Immobilization of Fe-Doped Ni(2)P Particles Within Biomass Agarose-Derived Porous N,P-Carbon Nanosheets for Efficient Bifunctional Oxygen Electrocatalysis

A feasible and green sol-gel method is proposed to fabricate well-distributed nano-particulate Fe-Ni(2)P incorporated in N, P-codoped porous carbon nanosheets (Fe-Ni(2)P@N,P-CNSs) using biomass agarose as a carbon source, and ethylenediamine tetra (methylenephosphonic acid) (EDTMPA) as both the N and P source. The doped Fe in Ni(2)P is essential for a substantial increase in intrinsic catalytic activity, while the combined N,P-containing porous carbon matrix with a better degree of graphitization endows the prepared Fe-Ni(2)P@N,P-CNSs catalyst with a high specific surface area and improved electrical conductivity.
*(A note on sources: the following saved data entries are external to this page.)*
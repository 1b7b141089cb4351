// Worked examples of visits: the last event, the span, and what each visit found.
ghost use Rattle.std.specs.Prelude.{◌≡◌, ◌≤◌, List as Items, length, IfOk};
ghost use Rattle.std.specs.List.{AllByRecursion, zip};
ghost use Rattle.mq_core.specs.SequenceLaws.{LeavesFrom};
ghost use Rattle.mq_core.specs.Laws.{Rises};
ghost use Rattle.mq_core.specs.declared.model.Fate.{Fate as TheFate};
ghost use Rattle.mq_stats.specs.Ahead.{IsAhead};

use mq_base::{List, OutOfMemory};
use mq_core::{Fate, Fates, Rows, Stream, Visits};
use mq_stats::{
    AheadTable, ahead, ahead_of_departures, found, found_piece, found_piece_in_order, last_at, span,
};
use std::alloc::Global;
use std::test::Fail;

pub fn list<T: Copy + Drop>(alloc: Global, items: &[T]) -> Result<List<T>, OutOfMemory>
    ensures { IfOk result (λ list. list ≡ items.now) }
{
    Ok(List::from_vec(Vec::from_slice(alloc, items)?))
}

// One column of demands: 4, 1 and 3.
fn three_demands(alloc: Global) -> Result<List<List<u64>>, OutOfMemory> {
    let mut demands = List::new(alloc);
    demands.push(list(alloc, &[4u64, 1, 3])?)?;
    Ok(demands)
}

// Returns the rows of three jobs with these demands, which come at 0, 1 and 2.
pub fn three_rows(alloc: Global) -> Result<Rows, OutOfMemory> {
    Ok(Rows {
        source: list(alloc, &[0u32, 0, 0])?,
        time: list(alloc, &[0u64, 1, 2])?,
        demands: three_demands(alloc)?,
    })
}

// The columns of visits.
#[derive(Clone, Copy)]
pub struct Columns<'a> {
    pub job: &'a [u32],
    pub arrive: &'a [u64],
    pub found: &'a [u32],
    pub fate: &'a [Fate],
}

// Returns visits with these columns, but with these fates.
pub fn visits_with(alloc: Global, columns: &Columns, fate: Fates) -> Result<Visits, OutOfMemory> {
    Ok(Visits {
        job: list(alloc, columns.job)?,
        arrive: list(alloc, columns.arrive)?,
        found: list(alloc, columns.found)?,
        fate,
    })
}

fn visits_of(alloc: Global, columns: &Columns) -> Result<Visits, OutOfMemory> {
    visits_with(alloc, columns, Fates::each(list(alloc, columns.fate)?))
}

// Jobs and their visits. The owner drops them before it returns, by a call, which takes less to prove than the end of a scope.
#[derive(Drop)]
pub struct Case {
    pub rows: Rows,
    pub visits: Visits,
}

// Returns the three jobs with these visits.
pub fn case_of(alloc: Global, visits: Visits) -> Result<Case, OutOfMemory> {
    Ok(Case {
        rows: three_rows(alloc)?,
        visits,
    })
}

pub fn three_case(alloc: Global, columns: &Columns) -> Result<Case, OutOfMemory> {
    case_of(alloc, visits_of(alloc, columns)?)
}

// The visits of three jobs that a server serves one at a time.
pub const SERVED: Columns<'static> = Columns {
    job: &[0, 1, 2],
    arrive: &[0, 1, 2],
    found: &[0, 1, 2],
    fate: &[Fate::Departs(4), Fate::Departs(5), Fate::Departs(8)],
};

// The same visits, with the second lost.
pub const LOST: Columns<'static> = Columns {
    job: &[0, 1, 2],
    arrive: &[0, 1, 2],
    found: &[0, 1, 1],
    fate: &[Fate::Departs(4), Fate::Lost, Fate::Departs(7)],
};

// The same visits, with the second held.
pub const HELD: Columns<'static> = Columns {
    job: &[0, 1, 2],
    arrive: &[0, 1, 2],
    found: &[0, 1, 2],
    fate: &[Fate::Departs(4), Fate::Held, Fate::Departs(7)],
};

pub const NO_VISITS: Columns<'static> = Columns {
    job: &[],
    arrive: &[],
    found: &[],
    fate: &[],
};

// Returns the time of the last event at a node with these visits, whose one output no job leaves by.
fn last_arrival(alloc: Global, visits: &Visits) -> Result<u64, OutOfMemory> {
    let mut streams = List::new(alloc);
    streams.push(Stream {
        job: List::new(alloc),
        time: List::new(alloc),
    })?;
    let last = last_at(&visits.arrive, &streams);
    drop(streams);
    Ok(last)
}

fn last_of_lost(alloc: Global) -> Result<u64, OutOfMemory> {
    let visits = visits_of(alloc, &LOST)?;
    let last = last_arrival(alloc, &visits);
    drop(visits);
    last
}

#[test]
fn the_last_event_is_at_the_end_of_a_list(rt: HostRuntime) -> Result<(), Fail> {
    assert!(rt; last_of_lost(rt.alloc())? == 2);
    Ok(())
}

// A job that is lost at 9.
const LOST_AT_NINE: Columns<'static> = Columns {
    job: &[9],
    arrive: &[9],
    found: &[0],
    fate: &[Fate::Lost],
};

// Adds a node with these visits to a run, and returns the span of the run.
fn span_with(alloc: Global, run: &mut List<Visits>, columns: &Columns) -> Result<u64, OutOfMemory> {
    run.push(visits_of(alloc, columns)?)?;
    Ok(span(run))
}

// Returns the spans of a run without nodes, with a server, and with a server and a node that loses a job at 9.
fn spans_of(alloc: Global, run: &mut List<Visits>) -> Result<(u64, u64, u64), OutOfMemory> {
    let none = span(run);
    let one = span_with(alloc, run, &SERVED)?;
    Ok((none, one, span_with(alloc, run, &LOST_AT_NINE)?))
}

fn spans(alloc: Global) -> Result<(u64, u64, u64), OutOfMemory> {
    let mut run = List::new(alloc);
    let spans = spans_of(alloc, &mut run);
    drop(run);
    spans
}

#[test]
fn a_run_has_its_span(rt: HostRuntime) -> Result<(), Fail> {
    assert!(rt; spans(rt.alloc())? == (0, 8, 9));
    Ok(())
}

// Returns whether visits with these arrivals and fates found these numbers of jobs.
fn visits_find(
    alloc: Global,
    arrive: &[u64],
    fate: &[Fate],
    wanted: &[u32],
) -> Result<bool, OutOfMemory>
    requires even { length fate.now ≡ length arrive.now }
    requires few { length arrive.now ≤ 1048576 }
    requires arrive { Rises (λ a b. a ≤ b) arrive.now }
    requires fate { AllByRecursion (λ p. LeavesFrom p.0 p.1) (zip arrive.now fate.now) }
{
    let arrive = list(alloc, arrive)?;
    let fate = Fates::each(list(alloc, fate)?);
    let founds = found(alloc, &arrive, &fate)?;
    Ok(founds.as_slice() == wanted)
}

// Fates of visits.
const IN_TURN: [Fate; 3] = [Fate::Departs(4), Fate::Departs(5), Fate::Departs(8)];

const AT_ONCE: [Fate; 3] = [Fate::Departs(5), Fate::Departs(3), Fate::Departs(3)];

const TWO_LOST: [Fate; 4] = [Fate::Departs(9), Fate::Lost, Fate::Departs(3), Fate::Lost];

const TWO_HELD: [Fate; 4] = [Fate::Departs(9), Fate::Held, Fate::Departs(3), Fate::Held];

const OVERTAKING: [Fate; 6] = [
    Fate::Departs(9),
    Fate::Departs(4),
    Fate::Departs(3),
    Fate::Departs(4),
    Fate::Departs(6),
    Fate::Departs(8),
];

fn each_finds_its_own(alloc: Global) -> Result<bool, OutOfMemory> {
    Ok(
        visits_find(alloc, &[0, 1, 2], &IN_TURN, &[0, 1, 2])?
            && visits_find(alloc, &[0, 3, 3], &AT_ONCE, &[0, 1, 1])?
            && visits_find(alloc, &[0, 1, 2, 6], &TWO_LOST, &[0, 1, 1, 1])?
            && visits_find(alloc, &[0, 1, 2, 6], &TWO_HELD, &[0, 1, 2, 2])?
            && visits_find(alloc, &[0, 1, 2, 4, 4, 7], &OVERTAKING, &[0, 1, 2, 1, 1, 1])?,
    )
}

#[test]
fn visits_find_those_who_are_there(rt: HostRuntime) -> Result<(), Fail> {
    assert!(rt; each_finds_its_own(rt.alloc())?);
    Ok(())
}

// The lists of a table.
#[derive(Clone, Copy)]
struct Lists<'a> {
    leaving: &'a [u64],
    kept: &'a [u32],
    still: &'a [u32],
}

fn table_has(table: &AheadTable, wanted: &Lists) -> bool {
    table.leaving.as_slice() == wanted.leaving
        && table.kept.as_slice() == wanted.kept
        && table.still.as_slice() == wanted.still
}

// Returns whether a table of three visits has these lists, and the second and third, at these arrival times, found these numbers.
fn piece_tells(
    alloc: Global,
    arrive: &List<u64>,
    ahead: &AheadTable,
    table: &Lists,
    wanted: &[u32],
) -> Result<bool, OutOfMemory>
    requires made { (fate : Items TheFate) × IsAhead arrive.now fate ahead.now }
    requires within { 3 ≤ length arrive.now }
{
    let founds = found_piece(alloc, arrive, ahead, 1, 3)?;
    Ok(table_has(ahead, table) && founds.as_slice() == wanted)
}

// Returns whether the table of three visits has these lists, and the second and third found these numbers.
fn table_tells(alloc: Global, table: &Lists, wanted: &[u32]) -> Result<bool, OutOfMemory> {
    let arrive = list(alloc, &[0u64, 3, 3])?;
    let fate = Fates::departures(list(alloc, &[5u64, 3, 3])?);
    let ahead = ahead(alloc, &arrive, &fate)?;
    let found = piece_tells(alloc, &arrive, &ahead, table, wanted);
    drop(ahead);
    found
}

// Returns the same for a table made from the departures and their order.
fn departures_tell(alloc: Global, table: &Lists, wanted: &[u32]) -> Result<bool, OutOfMemory> {
    let arrive = list(alloc, &[0u64, 3, 3])?;
    let departs = list(alloc, &[5u64, 3, 3])?;
    let leaving = list(alloc, &[3u64, 3, 5])?;
    let ahead = ahead_of_departures(alloc, &arrive, &departs, leaving)?;
    let found = piece_tells(alloc, &arrive, &ahead, table, wanted);
    drop(ahead);
    found
}

// Returns whether the third to fifth of five visits that leave in order found these numbers.
fn order_tells(alloc: Global, wanted: &[u32]) -> Result<bool, OutOfMemory> {
    let arrive = list(alloc, &[0u64, 1, 2, 5, 6])?;
    let departs = list(alloc, &[4u64, 5, 8, 9, 9])?;
    let founds = found_piece_in_order(alloc, &arrive, &departs, 2, 5)?;
    Ok(founds.as_slice() == wanted)
}

const TABLE: Lists<'static> = Lists {
    leaving: &[3, 3, 5],
    kept: &[0, 1, 2, 3],
    still: &[0, 0, 1, 2],
};

fn pieces_tell(alloc: Global) -> Result<bool, OutOfMemory> {
    Ok(
        table_tells(alloc, &TABLE, &[1, 1])?
            && departures_tell(alloc, &TABLE, &[1, 1])?
            && order_tells(alloc, &[2, 1, 2])?,
    )
}

#[test]
fn pieces_have_what_their_visits_found(rt: HostRuntime) -> Result<(), Fail> {
    assert!(rt; pieces_tell(rt.alloc())?);
    Ok(())
}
Benefiting from the specific chemical composition and designed active site structure, the as-synthesized Fe-Ni(2)P@N,P-CNSs manifests a satisfying catalytic performance toward both oxygen reduction reaction (ORR) and oxygen evolution reaction (OER) in an alkaline solution, with low overpotential, small Tafel slope and long-term durability, relative to the counterparts (Fe-free Ni(12)P(5)/Ni(2)P(2)O(7)@N,P-CNSs and CNSs) with single components and even comparable to Pt/C and RuO(2) catalysts. The present work broadens the exploration of efficient bifunctional oxygen electrocatalysts using earth abundant biomass as carbon sources based on non-noble metals for low cost renewable energy conversion/storage.